# Lower end tarmacs still good?



## carlflow (Jun 12, 2012)

My budget only allows me to go as far as the 2012 tarmac compact which is the entry level carbon fiber bike. Its got tiagra components so it is nothing special and the next 105 equivalent CF bike jumps to 2,750 and that is way outt of my budget.

I was also looking at a Fuji altamira 3.0 (105 group) which I can get a huge discount on to equal out the price of the tarmac. But Im leaning toward the tarmac because I know the frames have been tested and proven. So im kinda stuck at a standstill.

Would the lower specced tarmac do me better than the fuji? Im only leaning toward it because of the frame but I havent tested out the fuji (which I plan to). I figured I could always upgrade the components later down the road and a frame would be harder to swap out.


----------



## PJ352 (Dec 5, 2007)

carlflow said:


> My budget only allows me to go as far as the 2012 tarmac compact which is the entry level carbon fiber bike. Its got tiagra components so it is nothing special and the next 105 equivalent CF bike jumps to 2,750 and that is way outt of my budget.
> 
> I was also looking at a Fuji altamira 3.0 (105 group) which I can get a huge discount on to equal out the price of the tarmac. But Im leaning toward the tarmac because I know the frames have been tested and proven. So im kinda stuck at a standstill.
> 
> Would the lower specced tarmac do me better than the fuji? Im only leaning toward it because of the frame but I havent tested out the fuji (which I plan to). I figured I could always upgrade the components later down the road and a frame would be harder to swap out.


If you compare Specialized current 'low end' CF framesets to their mid-range offerings just three years ago, you'll see that the former are actually more advanced in methods of construction. Just as trickle down applies to other facets of cycling (namely, groupsets), the same holds true for advances in CF design/ manufacturing. 

That's not to say you shouldn't test ride some other brands/ models, because I think you should. But in doing so focus more on fit/ feel, ride and handling, because (long term) that's going to be what matters most to you, and ((similar to what you offered) in large part, the frameset/ geometry dictates those facets.

Re: the current Tiagra 10 speed groupset, in an albeit short test ride I took, I put it on a par with Shimano's previous version 105 (5600), which I've logged thousands of miles on. So (again, due to trickle down), I think Tiagra fits most recreational riders needs and is a race-worthy groupset.

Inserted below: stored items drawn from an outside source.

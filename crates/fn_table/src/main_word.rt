//! The steps on the main word.
ghost use Rattle.std.specs.Prelude.{◌≡◌, ◌≢◌, IfErr};
ghost use Rattle.fn_core.specs.declared.Move.TheVariants.{Apply, Load, Exchange, Direct};
ghost use Rattle.fn_core.specs.declared.Purpose.TheVariants as purpose;
ghost use Rattle.fn_table.specs.Seen.{IsOf, May, Stepped, own_of, HasLoaded, found_by};

use crate::pass::Pass;
use crate::steps;
use crate::steps::{add, quiet_add, quiet_load};
use crate::table::FunnelTable;
use fn_core::{Move, Purpose};
use fn_layout::Kind;
use fn_model::after_capped;

/// Adds the batch's weight to the main word.
#[inline(always)]
pub fn apply_batch(table: &FunnelTable, pass: &mut Pass, weight: u64) -> u64
    requires together { IsOf table.now pass.old }
    requires may { May pass.old (Apply weight) }
    ensures { Stepped pass.old (Apply weight) result pass.new }
{
    quiet_add(table, pass, weight, Move::Apply { weight })
}

/// Loads the main word, to try an exchange.
#[inline(always)]
pub fn load_try(table: &FunnelTable, pass: &mut Pass) -> u64
    requires together { IsOf table.now pass.old }
    requires may { May pass.old (Load purpose.Try) }
    ensures { Stepped pass.old (Load purpose.Try) result pass.new }
{
    let purpose = Purpose::Try;
    quiet_load(table, pass, Move::Load { purpose })
}

/// Loads the main word, which is a whole call.
pub fn load_read(table: &FunnelTable, pass: &mut Pass) -> u64
    requires together { IsOf table.now pass.old }
    requires may { May pass.old (Load purpose.Read) }
    ensures { Stepped pass.old (Load purpose.Read) result pass.new }
{
    let purpose = Purpose::Read;
    quiet_load(table, pass, Move::Load { purpose })
}

/// Exchanges the main word, where it is still the loaded one, for what the call or the batch makes of it. If it is another, gives that and stores nothing.
#[inline(always)]
pub fn exchange(
    table: &FunnelTable,
    pass: &mut Pass,
    kind: Kind,
    amount: u64,
    loaded: u64,
) -> Result<(), u64>
    requires together { IsOf table.now pass.old }
    requires may { May pass.old (Exchange kind amount) }
    requires loaded { HasLoaded loaded (own_of pass.old).caller.position }
    ensures step { Stepped pass.old (Exchange kind amount) (found_by loaded result) pass.new }
    ensures lost { IfErr result (λ found. found ≢ loaded) }
{
    let new = after_capped(table.cap, loaded, kind, amount);
    let spent = pass.tally.spent_by_exchange(amount);
    let step = Move::Exchange { kind, amount };
    let found = steps::exchange(table, &mut pass.caller, loaded, new, step);
    if found != loaded {
        return Err(found);
    }
    pass.tally.left -= spent;
    Ok(())
}

/// Adds to the main word, which is a whole call.
pub fn direct(table: &FunnelTable, pass: &mut Pass, amount: u64) -> u64
    requires together { IsOf table.now pass.old }
    requires may { May pass.old (Direct amount) }
    ensures { Stepped pass.old (Direct amount) result pass.new }
{
    let found = add(table, &mut pass.caller, amount, Move::Direct { amount });
    pass.tally.left -= amount;
    found
}
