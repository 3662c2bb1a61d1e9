// The routers that walks meet, by router and destination: their set in the low 16 digits, and 65536 times their number.
// The words are made as the walks are found, from their ends, in a table that has a row for each router.
#![tactic(auto)]

ghost use Rattle.std.specs.Prelude.{◌≡◌, true, List, [], ℕ, ◌+◌, ◌*◌, ◌≤◌, ◌<◌, get_or, length};
ghost use Rattle.sets.specs.Sets.{has};
ghost use Rattle.graph_reach.specs.Reach.{sweep_at, change_of, up_of, down_of, Closed, Reached, Inside, Idle};
ghost use Rattle.graph_met.specs.Trails.{Shaped, Blank, Readable, Led, Started, Trailed, Lengthens, Room};
ghost use Rattle.graph_met.specs.Trails.{Turns, Turning};

use graph_reach::{common, pull, through};
use sets::each::Members;
use sets::{both, either, less, single};

// What one router more adds to a word, beside the router itself.
const ONE_MORE: u32 = 65536;

// Router x's words for the destinations of a set: those of router n, and x itself.
fn lead(up: &mut [[u32; 32]], x: usize, n: usize, k: u32)
    requires { (x < 16) × (n < 17) × (x < length up.old) × Shaped up.old × Readable up.old n k }
    ensures { Led x n k up.old up.new }
{
    let own: u32 = single(x);
    for d in Members::of(k) {
        up[x][d] = up[n][d] + own + ONE_MORE;
    }
}

// Router x's words for the new destinations that it reaches through side o.
fn side(
    by: &[[u32; 4]; 16],
    next: &[u8; 64],
    t: &[u32; 32],
    up: &mut [[u32; 32]],
    x: usize,
    o: usize,
    new: u32,
)
    requires { (x < 16) × (o < 4) × Inside next.now × (x < length up.old)
        × Turning by.now next.now t.now x new o up.old }
    ensures { Turns by.now next.now t.now x new
        o up.old (o + 1) up.new }
{
    let n = usize::from(next[4 * x + o]);
    let k = both(through(by, next, t, x, o), new);
    lead(up, x, n, k);
}

// Router x's words for all new destinations.
fn sides(
    by: &[[u32; 4]; 16],
    next: &[u8; 64],
    t: &[u32; 32],
    up: &mut [[u32; 32]],
    x: usize,
    new: u32,
)
    requires { (x < 16) × Inside next.now × (x < length up.old)
        × Turning by.now next.now t.now x new 0 up.old }
    ensures { Turns by.now next.now t.now x new
        0 up.old 4 up.new }
{
    for o in 0..4 {
        side(by, next, t, up, x, o, new);
    }
}

// Router x of a sweep: its set grows by what it reaches in one step more, and with it its words. Answers what is new.
fn step(
    by: &[[u32; 4]; 16],
    next: &[u8; 64],
    x: usize,
    t: &mut [u32; 32],
    up: &mut [[u32; 32]],
) -> u32
    requires { (x < 16) × Inside next.now × (x < length up.old) × Room by.now next.now 1 t.old up.old }
    ensures { (t.new ≡ sweep_at by.now next.now x t.old)
        × (result ≡ change_of by.now next.now t.old x)
        × Lengthens by.now next.now 1
        t.old up.old t.new up.new }
{
    let v = pull(by, next, t, x);
    let new = less(v, t[x]);
    if new == 0 {
        return new;
    }
    sides(by, next, t, up, x, new);
    t[x] = v;
    new
}

// A sweep up the routers; answers 0 only where nothing is new.
fn sweep_up(
    by: &[[u32; 4]; 16],
    next: &[u8; 64],
    n: usize,
    t: &mut [u32; 32],
    up: &mut [[u32; 32]],
) -> u32
    requires { (n ≤ 16) × Inside next.now × (n ≤ length up.old) × Room by.now next.now n t.old up.old }
    ensures { (t.new ≡ up_of by.now next.now n t.old)
        × (result ≡ 0 → Closed by.now next.now n t.new)
        × Lengthens by.now next.now n
        t.old up.old t.new up.new }
{
    let mut new = 0u32;
    for x in 0..n {
        new = either(new, step(by, next, x, t, up));
    }
    new
}

// A sweep down the routers.
fn sweep_down(
    by: &[[u32; 4]; 16],
    next: &[u8; 64],
    n: usize,
    t: &mut [u32; 32],
    up: &mut [[u32; 32]],
)
    requires { (n ≤ 16) × Inside next.now × (n ≤ length up.old) × Room by.now next.now n t.old up.old }
    ensures { (t.new ≡ down_of by.now next.now n t.old)
        × Lengthens by.now next.now n
        t.old up.old t.new up.new }
{
    for x in (0..n).rev() {
        step(by, next, x, t, up);
    }
}

// The words of the walks of one router: the router itself, its word being 0 so far.
fn starts(t: &[u32; 32], n: usize, up: &mut [[u32; 32]])
    requires { (n ≤ 16) × (n ≤ length up.old) × Blank up.old }
    ensures { Started n t.now up.new }
{
    for (x, at_hand) in t[..n].iter().enumerate() {
        lead(up, x, x, *at_hand);
    }
}

// Sweeps up and down, until nothing is new or all reach all.
fn rounds(
    by: &[[u32; 4]; 16],
    next: &[u8; 64],
    n: usize,
    full: u32,
    t: &mut [u32; 32],
    up: &mut [[u32; 32]],
)
    requires { (n ≤ 16) × Inside next.now × Idle by.now next.now n t.old × (n ≤ length up.old)
        × Trailed by.now next.now t.old 1 t.old up.old }
    ensures { Reached by.now next.now n full t.old t.new
        × ((b : ℕ) × Trailed by.now next.now t.old b
        t.new up.new) }
{
    for k in 0..n {
        let new = sweep_up(by, next, n, t, up);
        if new == 0 {
            return;
        }
        sweep_down(by, next, n, t, up);
        if common(t, n, full) == full {
            return;
        }
    }
}

// What each router reaches, from what it has at hand, and the words of the walks.
pub fn trails(
    by: &[[u32; 4]; 16],
    next: &[u8; 64],
    n: usize,
    full: u32,
    t: &mut [u32; 32],
    up: &mut [[u32; 32]],
)
    requires { (n ≤ 16) × Inside next.now × Idle by.now next.now n t.old
        × (length t.old ≡ 32) × (n ≤ length up.old) × Blank up.old }
    ensures { Reached by.now next.now n full t.old t.new
        × ((b : ℕ) × Trailed by.now next.now t.old b
        t.new up.new) }
{
    starts(t, n, up);
    rounds(by, next, n, full, t, up);
}
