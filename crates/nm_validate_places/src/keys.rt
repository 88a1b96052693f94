//! The rule of keys: each entry of a list has its keys, of their types.

ghost use Rattle.std.specs.Prelude.{◌≡◌, IfOk, slice_get};
ghost use Rattle.nm_types.specs.Chosen.{choice_of};
ghost use Rattle.nm_types.specs.Path.{choice_values};
ghost use Rattle.nm_validate_rules.specs.declared.rule.Rule.TheVariants as rule;
ghost use Rattle.nm_validate_rules.specs.Values.{chosen_values};
ghost use Rattle.nm_validate_rules.specs.Violated as spec;
ghost use Rattle.nm_validate_rules.specs.Violation.{least_at};
ghost use Rattle.nm_validate_places.specs.Groups.{IsGrouped};
ghost use Rattle.nm_validate_places.specs.Listed as row_spec;

use crate::areas::{Grouped, NodeRow};
use crate::fits::fits_at;
use nm_base::NoMemory;
use nm_config::RowMap;
use nm_schema_tree::{NodeKind, Schema};
use nm_types::{Chosen, Path, Value};
use std::alloc::Global;

// The values that are chosen by.
fn values_of(chosen: &Chosen) -> &[Value]
    ensures { result.now ≡ choice_values (choice_of chosen.now) }
{
    match chosen {
        Chosen::Whole => &[],
        Chosen::Keys(values) => values.as_slice(),
        Chosen::Entry(value) => std::slice::from_ref(value),
    }
}

/// The values by which the last step of a path chooses an entry.
pub fn values_in(path: &Path) -> &[Value]
    ensures { result.now ≡ chosen_values path.now }
{
    match path.steps.last() {
        None => &[],
        Some(step) => values_of(&step.chosen),
    }
}

// Whether there is a value for each key, of its type.
fn fit_keys(
    alloc: Global,
    schema: &Schema,
    keys: &[usize],
    values: &[Value],
) -> Result<bool, NoMemory>
    ensures { IfOk result (λ fit. fit ≡ spec.fit_keys schema.now.nodes keys.now values.now) }
{
    let mut keys_left = keys;
    let mut values_left = values;
    'keys: while let [key, more_keys @ ..] = keys_left {
        let [value, more_values @ ..] = values_left else {
            return Ok(false);
        };
        if !fits_at(alloc, schema, *key, value)? {
            return Ok(false);
        }
        keys_left = more_keys;
        values_left = more_values;
    }
    Ok(values_left.is_empty())
}

/// Whether a row has its keys, where it is an entry of a list.
pub fn has_keys(alloc: Global, schema: &Schema, row: &NodeRow<'_>) -> Result<bool, NoMemory>
    ensures { IfOk result (λ has. has ≡ spec.has_keys schema.now.nodes row.now.node row.now.path.now) }
{
    let Some(at) = row.node else {
        return Ok(true);
    };
    if !is_list(schema, at) {
        return Ok(true);
    }
    fit_keys(alloc, schema, schema.keys(at), values_in(row.path))
}

// Whether a node is a list.
fn is_list(schema: &Schema, at: usize) -> bool
    ensures { result ≡ spec.is_list (slice_get schema.now.nodes at) }
{
    match schema.node(at) {
        None => false,
        Some(node) => match &node.kind {
            NodeKind::List { .. } => true,
            _ => false,
        },
    }
}

// The path of the first entry that lacks a key or has a bad one.
fn first_bad_key(
    alloc: Global,
    schema: &Schema,
    rows: &[NodeRow<'_>],
) -> Result<Option<Path>, NoMemory>
    ensures { IfOk result (λ found. found ≡ row_spec.first_bad_key schema.now.nodes rows.now) }
{
    for row in rows {
        if !has_keys(alloc, schema, row)? {
            return Ok(Some(row.path.copy(alloc)?));
        }
    }
    Ok(None)
}

/// The least path of an entry of a configuration that lacks a key or has a bad one (RFC 7950 section 7.8.2).
#[tactic(auto, using(crate::proofs::Rows::bad_keys))]
pub fn least_bad_key<M: RowMap>(
    alloc: Global,
    schema: &Schema,
    config: &M,
    grouped: &Grouped<'_>,
) -> Result<Option<Path>, NoMemory>
    requires { IsGrouped schema.now (M.rows config.now) grouped.now }
    ensures { IfOk result (λ found. found ≡ least_at schema.now (M.rows config.now) rule.Key) }
{
    first_bad_key(alloc, schema, &grouped.rows)
}
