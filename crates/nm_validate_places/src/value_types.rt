//! The rule of types: each row has a value of its type.

ghost use Rattle.std.specs.Prelude.{◌≡◌, IfOk, slice_get};
ghost use Rattle.nm_types.specs.Chosen.{choice_of};
ghost use Rattle.nm_schema_tree.specs.Nodes.{type_at};
ghost use Rattle.nm_validate_rules.specs.declared.rule.Rule.TheVariants as rule;
ghost use Rattle.nm_validate_rules.specs.Violated as spec;
ghost use Rattle.nm_validate_rules.specs.Violation.{least_at};
ghost use Rattle.nm_validate_places.specs.Groups.{IsGrouped};
ghost use Rattle.nm_validate_places.specs.Listed as row_spec;

use crate::areas::{Grouped, NodeRow};
use crate::fits::fits_at;
use nm_base::NoMemory;
use nm_config::RowMap;
use nm_schema_tree::{NodeKind, Schema};
use nm_types::{Chosen, Path, Value};
use std::alloc::Global;

// Whether a value is the one by which an entry is chosen.
fn is_entry(chosen: &Chosen, value: &Value) -> bool
    ensures { result ≡ spec.is_entry (choice_of chosen.now) value.now }
{
    match chosen {
        Chosen::Entry(own) => own == value,
        Chosen::Keys(_) => false,
        Chosen::Whole => false,
    }
}

// Whether a value is the one by which the last step of a path chooses an entry.
fn is_own_entry(path: &Path, value: &Value) -> bool
    ensures { result ≡ spec.is_entry (spec.last_chosen path.now) value.now }
{
    match path.steps.last() {
        None => false,
        Some(step) => is_entry(&step.chosen, value),
    }
}

// Whether the row of a node has a value that rows of it have.
fn fits_node(
    alloc: Global,
    schema: &Schema,
    at: usize,
    path: &Path,
    value: &Value,
) -> Result<bool, NoMemory>
    ensures { IfOk result (λ fits. fits ≡ spec.fits_node (type_at schema.now.nodes at) (slice_get schema.now.nodes at) (spec.last_chosen path.now) value.now) }
{
    let Some(node) = schema.node(at) else {
        return Ok(false);
    };
    match &node.kind {
        NodeKind::Container { .. } => Ok(Value::Present == *value),
        NodeKind::List { .. } => Ok(Value::Present == *value),
        NodeKind::Leaf { .. } => fits_at(alloc, schema, at, value),
        NodeKind::LeafList { .. } => {
            if !is_own_entry(path, value) {
                return Ok(false);
            }
            fits_at(alloc, schema, at, value)
        }
    }
}

/// Whether a row has a value of its type.
pub fn fits_row(alloc: Global, schema: &Schema, row: &NodeRow<'_>) -> Result<bool, NoMemory>
    ensures { IfOk result (λ fits. fits ≡ row_spec.has_its_type schema.now.nodes row.now) }
{
    match row.node {
        None => Ok(false),
        Some(at) => fits_node(alloc, schema, at, row.path, row.value),
    }
}

// The path of the first row whose value isn't of its type.
fn first_bad_value(
    alloc: Global,
    schema: &Schema,
    rows: &[NodeRow<'_>],
) -> Result<Option<Path>, NoMemory>
    ensures { IfOk result (λ found. found ≡ row_spec.first_bad_value schema.now.nodes rows.now) }
{
    for row in rows {
        if !fits_row(alloc, schema, row)? {
            return Ok(Some(row.path.copy(alloc)?));
        }
    }
    Ok(None)
}

/// The least path of a row of a configuration whose value isn't of its type (RFC 7950 sections 9.1, 7.6.3 and 7.7.3).
#[tactic(auto, using(crate::proofs::Rows::bad_values))]
pub fn least_bad_value<M: RowMap>(
    alloc: Global,
    schema: &Schema,
    config: &M,
    grouped: &Grouped<'_>,
) -> Result<Option<Path>, NoMemory>
    requires { IsGrouped schema.now (M.rows config.now) grouped.now }
    ensures { IfOk result (λ found. found ≡ least_at schema.now (M.rows config.now) rule.ValueType) }
{
    first_bad_value(alloc, schema, &grouped.rows)
}
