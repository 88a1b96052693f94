//! The places at which nodes may stand, in the configuration at hand.

ghost use Rattle.std.specs.Prelude.{◌≡◌, ◌∷◌, ◌++◌, [], IfOk, OnOk};
ghost use Rattle.nm_validate_rules.specs.Places as spec;
ghost use Rattle.nm_validate_places.specs.Groups as group;
ghost use Rattle.nm_validate_places.specs.Placing.{place_at};

use crate::cases::{bare, is_allowed};
use crate::tables::by_case;
use nm_base::NoMemory;
use nm_config::RowMap;
use nm_path::node_of;
use nm_schema_tree::Schema;
use nm_types::{Path, Value};
use std::alloc::Global;

/// A row with the node that its path leads to.
#[derive(Drop)]
pub struct NodeRow<'r> {
    pub path: &'r Path,
    pub value: &'r Value,
    pub node: Option<usize>,
}

/// The rows of a configuration in path order, the paths of each node's rows, and the nodes of each case.
#[derive(Drop)]
pub struct Grouped<'r> {
    pub rows: Vec<NodeRow<'r>>,
    pub groups: Vec<Vec<&'r Path>>,
    pub cases: Vec<Vec<usize>>,
}

// So many groups without paths.
fn no_groups<'r>(alloc: Global, count: usize) -> Result<Vec<Vec<&'r Path>>, NoMemory>
    ensures { IfOk result (λ groups. group.AreEmpty count groups.items) }
{
    let mut groups = Vec::with_capacity(alloc, count)?;
    for _at in 0..count {
        groups.push(Vec::new(alloc))?;
    }
    Ok(groups)
}

// Puts a path into the group of the node that it leads to, where it leads to one.
fn put_into<'r>(
    groups: &mut Vec<Vec<&'r Path>>,
    node: Option<usize>,
    path: &'r Path,
) -> Result<(), NoMemory>
    ensures { OnOk result (group.Puts path.now node groups.old.items groups.new.items) }
{
    let Some(at) = node else {
        return Ok(());
    };
    if let Some(paths) = groups.get_mut(at) {
        paths.push(path)?;
    }
    Ok(())
}

/// The rows of a configuration, each with its node, the paths of each node's rows, and the nodes of each case. It is made once for all rules.
pub fn group_rows<'r, M: RowMap>(
    alloc: Global,
    schema: &Schema,
    config: &'r M,
) -> Result<Grouped<'r>, NoMemory>
    ensures { IfOk result (group.IsGrouped schema.now (M.rows config.now)) }
{
    let all = config.listed(alloc)?;
    let mut rows = Vec::with_capacity(alloc, all.len())?;
    let mut groups = no_groups(alloc, schema.len())?;
    for (path, value) in &all {
        let node = node_of(schema, path);
        put_into(&mut groups, node, path)?;
        rows.push(NodeRow { path, value, node })?;
    }
    let cases = by_case(alloc, schema)?;
    Ok(Grouped {
        rows,
        groups,
        cases,
    })
}

// Copies of the paths of a group, and none where there is no group of this number.
fn copies(alloc: Global, groups: &[Vec<&Path>], at: usize) -> Result<Vec<Path>, NoMemory>
    ensures { IfOk result (λ paths. paths.items ≡ group.in_group groups.now at) }
{
    let mut paths = Vec::new(alloc);
    let Some(group) = groups.get(at) else {
        return Ok(paths);
    };
    for path in group {
        paths.push(path.copy(alloc)?)?;
    }
    Ok(paths)
}

// Puts the path of a node at a place behind others, where its case holds.
fn put_place<M: RowMap>(
    alloc: Global,
    schema: &Schema,
    config: &M,
    grouped: &Grouped<'_>,
    above: &Path,
    at: usize,
    paths: &mut Vec<Path>,
) -> Result<(), NoMemory>
    requires { group.IsGrouped schema.now (M.rows config.now) grouped.now }
    ensures { OnOk result (paths.new.items ≡ paths.old.items ++ place_at schema.now (M.rows config.now) at above.now) }
{
    if !is_allowed(alloc, schema, config, grouped, above, schema.case_in(at))? {
        return Ok(());
    }
    let step = bare(alloc, schema, at)?;
    let path = above.with_step(alloc, step)?;
    paths.push(path)?;
    Ok(())
}

/// The paths of a node at these places: those where its case holds.
#[tactic(auto, using(crate::proofs::Below::placed_is))]
pub fn placed<M: RowMap>(
    alloc: Global,
    schema: &Schema,
    config: &M,
    grouped: &Grouped<'_>,
    areas: &[Path],
    at: usize,
) -> Result<Vec<Path>, NoMemory>
    requires { group.IsGrouped schema.now (M.rows config.now) grouped.now }
    ensures { IfOk result (λ paths. paths.items ≡ spec.placed schema.now (M.rows config.now) areas.now at) }
{
    let mut paths = Vec::new(alloc);
    for above in areas {
        put_place(alloc, schema, config, grouped, above, at, &mut paths)?;
    }
    Ok(paths)
}

/// The places directly below a node, and the top for none.
#[tactic(auto, using(crate::proofs::Below::other_areas))]
pub fn areas<M: RowMap>(
    alloc: Global,
    schema: &Schema,
    config: &M,
    grouped: &Grouped<'_>,
    parent: Option<usize>,
) -> Result<Vec<Path>, NoMemory>
    requires { group.IsGrouped schema.now (M.rows config.now) grouped.now }
    ensures { IfOk result (λ paths. paths.items ≡ spec.areas schema.now (M.rows config.now) parent) }
{
    let Some(at) = parent else {
        let mut top = Vec::new(alloc);
        let steps = Vec::new(alloc);
        top.push(Path { steps })?;
        return Ok(top);
    };
    schema.laws();
    if schema.is_guard(at) {
        let paths = copies(alloc, &grouped.groups, at)?;
        return Ok(paths);
    }
    let above = areas(alloc, schema, config, grouped, schema.parent(at))?;
    let paths = placed(alloc, schema, config, grouped, &above, at)?;
    Ok(paths)
}

/// The places of a node: where it may stand.
#[tactic(auto, unfolding(nm_validate_rules::specs::Places::places))]
pub fn places<M: RowMap>(
    alloc: Global,
    schema: &Schema,
    config: &M,
    grouped: &Grouped<'_>,
    at: usize,
) -> Result<Vec<Path>, NoMemory>
    requires { group.IsGrouped schema.now (M.rows config.now) grouped.now }
    ensures { IfOk result (λ paths. paths.items ≡ spec.places schema.now (M.rows config.now) at) }
{
    let above = areas(alloc, schema, config, grouped, schema.parent(at))?;
    placed(alloc, schema, config, grouped, &above, at)
}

FWIW, all things considered, I wouldn't hesitate to buy the 2012 Tarmac Compact.


----------



## jimlmackjr (May 17, 2010)

i picked up a 2010 Expert and the carbon the same are the PRO just the groupo is defferance









here what i see 
Comp. has •Specialized FACT 8r carbon, FACT IS construction, compact race design, 1-1/2" lower bearing, threaded BB

SL3 has Specialized FACT 10r carbon, FACT IS construction, compact race design, 1-1/2" lower bearing, OSBB

Comp : 1-1/8" upper and 1-1/2" lower Cr-Mo cartridge bearings integrated w/ headset, 20mm cone spacer, w/ 20mm of spacers

SL3: 1-1/8 upper and 1-1/2" lower Cr-Mo cartridge bearings integrated w/ headset, 8mm cone spacer with 20mm of spacers

for both the Geometry in a size 54cm is the same 

for avg, riders i am sure we wont notice the differance in the Carbon.


----------



## NealH (May 2, 2004)

If your budget is very restricted, and it appears that it is, then I would consider an Allez model with the E5 aluminum construction. Same geometry as the Tarmac and every report I hear is excellent. I think 105 is a pretty big step above Tiagra. If you have to have Carbon and can't afford a 105 model then I would look at the Fuji. Its a decent bike. Giant probably makes a more affordable 105 model too.


----------



## oldskoolm4 (Mar 14, 2009)

Look at buying used. Better deal, better parts. My new 105's feel better than my three year old Ultegra. I'm on a Tarmac and love it, hands down my favorite road bike. Sounds like you have a nice budget for a bike, so look at Craigslist or eBay. Last years bike with better parts and have money to spend on other things.


----------



## Special Eyes (Feb 2, 2011)

If you consider the used market, you can really get what you want for the money you have. Lots of great bikes out there for sale that have been hardly used.


----------



## jimlmackjr (May 17, 2010)

Check your local Craigslist before u buy check reviews
And remember some reviews are from pro style riders and they know the different from 
The different carbon. So take some. Review with a grain of salt
Unless u read the same in most reviews


----------



## PJ352 (Dec 5, 2007)

Since some folks are suggesting used and considering the topic is CF framesets, I think it's worth noting that warranties only apply to the original owner. 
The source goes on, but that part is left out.